- **What you have to do**
Keep only the lines that hold the string "Found", filtering out the rest of the entries below.

- **Listed entries**

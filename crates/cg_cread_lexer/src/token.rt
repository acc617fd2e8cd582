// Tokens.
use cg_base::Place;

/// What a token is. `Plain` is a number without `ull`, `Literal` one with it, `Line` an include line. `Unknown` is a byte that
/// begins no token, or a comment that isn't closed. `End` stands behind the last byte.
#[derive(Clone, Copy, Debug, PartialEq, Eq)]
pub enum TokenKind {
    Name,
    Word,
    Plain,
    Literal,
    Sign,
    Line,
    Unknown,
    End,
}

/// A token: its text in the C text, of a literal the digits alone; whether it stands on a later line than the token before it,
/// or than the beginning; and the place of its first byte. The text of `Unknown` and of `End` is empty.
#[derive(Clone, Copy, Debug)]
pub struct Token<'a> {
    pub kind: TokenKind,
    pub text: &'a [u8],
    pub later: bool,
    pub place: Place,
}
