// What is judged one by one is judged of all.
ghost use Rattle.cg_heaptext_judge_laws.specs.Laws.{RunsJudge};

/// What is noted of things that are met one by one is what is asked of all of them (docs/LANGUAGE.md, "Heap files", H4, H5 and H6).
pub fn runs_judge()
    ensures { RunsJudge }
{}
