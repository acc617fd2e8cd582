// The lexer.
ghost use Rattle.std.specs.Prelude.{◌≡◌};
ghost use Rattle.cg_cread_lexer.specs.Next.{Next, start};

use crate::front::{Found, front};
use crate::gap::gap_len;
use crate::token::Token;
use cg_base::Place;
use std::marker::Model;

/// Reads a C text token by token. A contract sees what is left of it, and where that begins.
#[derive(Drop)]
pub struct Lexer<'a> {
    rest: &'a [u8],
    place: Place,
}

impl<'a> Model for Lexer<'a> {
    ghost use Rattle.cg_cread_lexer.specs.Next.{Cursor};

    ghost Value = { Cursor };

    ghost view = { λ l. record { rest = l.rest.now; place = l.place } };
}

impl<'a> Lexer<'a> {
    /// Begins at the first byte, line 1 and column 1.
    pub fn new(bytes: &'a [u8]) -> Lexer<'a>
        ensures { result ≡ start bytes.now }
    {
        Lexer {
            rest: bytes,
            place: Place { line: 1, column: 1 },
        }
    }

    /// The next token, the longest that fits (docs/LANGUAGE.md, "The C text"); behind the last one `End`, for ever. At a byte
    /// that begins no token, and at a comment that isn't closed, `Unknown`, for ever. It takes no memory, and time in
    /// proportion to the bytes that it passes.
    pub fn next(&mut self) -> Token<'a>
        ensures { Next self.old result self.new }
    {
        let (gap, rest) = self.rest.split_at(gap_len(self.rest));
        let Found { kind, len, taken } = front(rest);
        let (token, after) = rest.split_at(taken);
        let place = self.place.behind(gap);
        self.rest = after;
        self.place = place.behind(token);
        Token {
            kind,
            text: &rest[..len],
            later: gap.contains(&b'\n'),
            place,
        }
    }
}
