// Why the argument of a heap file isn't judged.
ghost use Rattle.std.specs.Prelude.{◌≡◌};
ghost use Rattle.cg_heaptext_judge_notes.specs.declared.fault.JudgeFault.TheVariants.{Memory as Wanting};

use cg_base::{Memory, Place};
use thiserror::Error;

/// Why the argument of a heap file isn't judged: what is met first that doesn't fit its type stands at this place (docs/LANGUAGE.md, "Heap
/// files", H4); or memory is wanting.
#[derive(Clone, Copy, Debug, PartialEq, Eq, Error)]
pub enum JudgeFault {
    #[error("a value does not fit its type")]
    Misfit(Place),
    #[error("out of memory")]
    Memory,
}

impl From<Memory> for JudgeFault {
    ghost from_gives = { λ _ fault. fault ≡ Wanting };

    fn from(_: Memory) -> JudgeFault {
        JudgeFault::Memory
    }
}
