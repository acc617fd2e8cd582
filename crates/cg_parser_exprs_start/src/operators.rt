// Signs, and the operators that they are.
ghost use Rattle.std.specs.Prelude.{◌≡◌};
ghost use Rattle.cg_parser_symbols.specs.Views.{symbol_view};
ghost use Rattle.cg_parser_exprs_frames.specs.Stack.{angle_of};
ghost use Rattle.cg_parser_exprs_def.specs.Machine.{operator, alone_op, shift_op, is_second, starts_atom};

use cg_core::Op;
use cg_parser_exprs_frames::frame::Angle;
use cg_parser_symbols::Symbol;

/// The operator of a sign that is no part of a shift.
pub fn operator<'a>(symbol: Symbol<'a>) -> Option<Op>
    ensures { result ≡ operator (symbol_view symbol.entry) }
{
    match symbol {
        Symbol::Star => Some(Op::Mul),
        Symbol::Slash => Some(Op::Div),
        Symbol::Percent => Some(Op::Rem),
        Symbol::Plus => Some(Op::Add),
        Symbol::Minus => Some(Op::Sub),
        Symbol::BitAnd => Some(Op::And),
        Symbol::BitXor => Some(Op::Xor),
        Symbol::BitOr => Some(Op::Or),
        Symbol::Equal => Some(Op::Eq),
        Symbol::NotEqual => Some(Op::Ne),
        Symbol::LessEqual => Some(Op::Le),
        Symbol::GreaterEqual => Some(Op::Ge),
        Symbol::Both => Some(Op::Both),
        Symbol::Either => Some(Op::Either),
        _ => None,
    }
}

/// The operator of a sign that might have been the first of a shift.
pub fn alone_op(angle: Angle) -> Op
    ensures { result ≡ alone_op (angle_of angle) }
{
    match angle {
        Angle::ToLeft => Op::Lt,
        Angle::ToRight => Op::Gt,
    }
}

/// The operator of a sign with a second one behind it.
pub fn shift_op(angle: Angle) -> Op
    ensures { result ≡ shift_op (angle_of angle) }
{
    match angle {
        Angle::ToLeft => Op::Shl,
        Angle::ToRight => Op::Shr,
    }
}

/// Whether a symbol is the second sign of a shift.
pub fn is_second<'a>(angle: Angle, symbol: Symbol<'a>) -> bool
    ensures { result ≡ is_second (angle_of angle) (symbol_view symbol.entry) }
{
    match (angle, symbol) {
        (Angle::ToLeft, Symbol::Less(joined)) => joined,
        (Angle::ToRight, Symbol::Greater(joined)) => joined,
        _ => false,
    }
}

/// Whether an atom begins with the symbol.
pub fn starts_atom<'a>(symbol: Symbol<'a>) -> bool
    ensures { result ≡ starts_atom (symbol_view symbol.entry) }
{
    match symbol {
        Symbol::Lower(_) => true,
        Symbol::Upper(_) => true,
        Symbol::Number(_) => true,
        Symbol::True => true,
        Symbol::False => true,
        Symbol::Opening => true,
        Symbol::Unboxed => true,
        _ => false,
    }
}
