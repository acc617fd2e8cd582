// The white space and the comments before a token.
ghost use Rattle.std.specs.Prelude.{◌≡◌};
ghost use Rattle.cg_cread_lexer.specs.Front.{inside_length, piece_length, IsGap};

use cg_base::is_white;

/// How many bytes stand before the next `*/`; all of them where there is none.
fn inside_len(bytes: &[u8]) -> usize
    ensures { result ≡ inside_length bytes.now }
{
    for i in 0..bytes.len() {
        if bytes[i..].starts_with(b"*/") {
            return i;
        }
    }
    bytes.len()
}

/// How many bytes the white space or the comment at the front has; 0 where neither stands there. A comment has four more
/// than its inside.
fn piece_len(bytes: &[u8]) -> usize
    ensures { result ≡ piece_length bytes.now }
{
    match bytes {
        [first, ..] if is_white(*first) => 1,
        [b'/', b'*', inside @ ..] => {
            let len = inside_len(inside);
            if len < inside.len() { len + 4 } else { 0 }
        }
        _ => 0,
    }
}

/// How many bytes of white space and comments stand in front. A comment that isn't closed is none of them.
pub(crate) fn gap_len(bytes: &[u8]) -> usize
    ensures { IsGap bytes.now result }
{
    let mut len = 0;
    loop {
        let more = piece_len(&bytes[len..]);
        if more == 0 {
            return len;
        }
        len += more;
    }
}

- **Result for this exercise**
use crate::front::{Found, front};
        let Found { kind, len, taken } = front(rest);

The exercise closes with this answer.